Sorry, meinte die Hope naben.

Die Kings sind mir fürs Rennrad (im Moment noch) zu teuer.  Da wären die Hopes schon eher interessant. 
Meine Hügi hat auch schon einiges mitgemacht, da haben die Ritzel aber schon deutliche Spuren hinterlassen. 

Gruß

cluso


----------



## santa_cross (7. Oktober 2005)

ja - die chris king sind schmerzhaft teuer , obwohl ich "günstig!!" drankommen würde . die hope naben finde ich optisch schon gut - nur die ck sind halt einen tick geiler .   
hast du ne ahnung wie die ck farbe "pewter " zu der hope farbe "titan" passt ??


----------



## cluso (7. Oktober 2005)

santa_cross schrieb:
			
		

> ja - die chris king sind schmerzhaft teuer , obwohl ich "günstig!!" drankommen würde . die hope naben finde ich optisch schon gut - nur die ck sind halt einen tick geiler .
> hast du ne ahnung wie die ck farbe "pewter " zu der hope farbe "titan" passt ??




Die Kings sind absolut geil. Fahr am MTB welche.

Nur wie geschrieben: Am Rennrad sind sie mir im Moment noch zu teuer. Die Hügi ist ja auch nicht schlecht 

Pewter? Das ist doch das "XTR-Grau"? Ich geh mal davon aus, daß es nicht vollständig passt.

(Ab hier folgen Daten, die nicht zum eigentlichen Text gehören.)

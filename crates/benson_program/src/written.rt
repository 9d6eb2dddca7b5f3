//! Benson's program, written once for the data of a problem: from question to question only its
//! cost is replaced.
ghost use Rattle.std.specs.Prelude.{◌≡◌, map, length, IfOk, IfErr, IfSome};
ghost use Rattle.benson_program.specs.Ends.{StandForSome};
ghost use Rattle.exact_simplex.specs.Ends.{IsCertified, IsLpFault, IsReadOff};
ghost use Rattle.lp_form.specs.Data.{IsDataOf};
ghost use Rattle.lp_form.specs.Programs.{benson_system};
ghost use Rattle.vlp_problem.specs.declared.problem.Problem.{Problem as File};

use crate::same::{copy, copy_data, is_same_data, is_same_vector};
use exact_field::Field;
use exact_simplex::{Kept as Dictionary, LpEnd, LpFault, solve_lp_next, solve_lp_with_cost};
use lp_form::{Data, LpName, benson_cost, program};
use src_sink::Items;
use std::alloc::Global;
use std::marker::Model;

/// Benson's program for a duality vector over data, as it is written, with its last dictionary.
#[derive(Drop)]
pub(crate) struct Written<F: Field> {
    form: Data<F>,
    c: Items<F>,
    program: Dictionary<F>,
}

impl<F: Field> Model for Written<F> {
    ghost use Rattle.std.specs.Prelude.{ℕ};

    ghost Value = { ℕ };

    ghost use Rattle.benson_program.specs.Written.{IsBensonFor};

    ghost view = { λ w. w.form.cols };

    ghost invariant = { λ w. IsBensonFor F.value w.form w.c w.program };
}

impl<F: Field> Written<F> {
    /// How the program ends at `v`, with the cost of that, if it is the one for these data and this
    /// duality vector.
    fn end_at(
        &mut self,
        alloc: Global,
        form: &Data<F>,
        c: &[F],
        v: &[F],
        t: bool,
    ) -> Result<Option<LpEnd<F>>, LpFault<F>>
        requires stands { StandForSome F.value form.now }
        requires v { length v.now ≡ length form.now.p }
        ensures certified { (file : File) → IsDataOf F.value file form.now
            → IfOk result (λ o. IfSome o (IsCertified F.value
            (benson_system file (map F.value c.now) (map F.value v.now) t))) }
        ensures read_off { (file : File) → IsDataOf F.value file form.now
            → IfOk result (λ o. IfSome o (IsReadOff F.value
            (benson_system file (map F.value c.now) (map F.value v.now) t))) }
        ensures left { (file : File) → IsDataOf F.value file form.now
            → IfErr result (IsLpFault F.value F.holds
            (benson_system file (map F.value c.now) (map F.value v.now) t)) }
    {
        if !is_same_vector(c, self.c.as_slice()) || !is_same_data(form, &self.form) {
            return Ok(None);
        }
        let cost = benson_cost(alloc, form, v, t)?;
        match solve_lp_with_cost(alloc, cost, &mut self.program) {
            Ok(end) => Ok(Some(end)),
            Err(fault) => Err(fault),
        }
    }
}

/// How Benson's program at `v` ends, which is written anew, and kept.
fn written_end<F: Field>(
    alloc: Global,
    form: &Data<F>,
    c: &[F],
    v: &[F],
    t: bool,
    written: &mut Option<Written<F>>,
) -> Result<LpEnd<F>, LpFault<F>>
    requires stands { StandForSome F.value form.now }
    requires c { length c.now ≡ length form.now.p }
    requires v { length v.now ≡ length form.now.p }
    ensures certified { (file : File) → IsDataOf F.value file form.now
        → IfOk result
        (IsCertified F.value (benson_system file (map F.value c.now) (map F.value v.now) t)) }
    ensures read_off { (file : File) → IsDataOf F.value file form.now
        → IfOk result
        (IsReadOff F.value (benson_system file (map F.value c.now) (map F.value v.now) t)) }
    ensures left { (file : File) → IsDataOf F.value file form.now
        → IfErr result (IsLpFault F.value F.holds
        (benson_system file (map F.value c.now) (map F.value v.now) t)) }
{
    let own_form = copy_data(alloc, form)?;
    let own_c = copy(alloc, c)?;
    let name = LpName::Benson {
        v: copy(alloc, v)?,
        t,
    };
    let system = program(alloc, form, c, &name)?;
    let mut program = Dictionary::new();
    let end = solve_lp_next(alloc, system, &mut program);
    let last = Written {
        form: own_form,
        c: own_c,
        program,
    };
    *written = Some(last);
    end
}

/// How Benson's program at `v` ends by pivots, from where the last one of these ended.
pub(crate) fn pivot_benson<F: Field>(
    alloc: Global,
    form: &Data<F>,
    c: &[F],
    v: &[F],
    t: bool,
    written: &mut Option<Written<F>>,
) -> Result<LpEnd<F>, LpFault<F>>
    requires stands { StandForSome F.value form.now }
    requires c { length c.now ≡ length form.now.p }
    requires v { length v.now ≡ length form.now.p }
    ensures certified { (file : File) → IsDataOf F.value file form.now
        → IfOk result
        (IsCertified F.value (benson_system file (map F.value c.now) (map F.value v.now) t)) }
    ensures read_off { (file : File) → IsDataOf F.value file form.now
        → IfOk result
        (IsReadOff F.value (benson_system file (map F.value c.now) (map F.value v.now) t)) }
    ensures left { (file : File) → IsDataOf F.value file form.now
        → IfErr result (IsLpFault F.value F.holds
        (benson_system file (map F.value c.now) (map F.value v.now) t)) }
{
    if let Some(last) = written {
        if let Some(end) = last.end_at(alloc, form, c, v, t)? {
            return Ok(end);
        }
    }
    written_end(alloc, form, c, v, t, written)
}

Ich würde daher entweder dezentes schwarz/silber nehmen oder den Kontrast suchen mit Rot oder Mango 

Gruß


----------



## MTB-News.de




----------



## santa_cross (7. Oktober 2005)

ja - xtr grau . aber wie passt das titanfarbene zeug von hope dazu ? hab ne hope m6ti und mono 4 mit diesen kolbenschrauben in titanfarbe . schnellspanner auch hope titanfarbe .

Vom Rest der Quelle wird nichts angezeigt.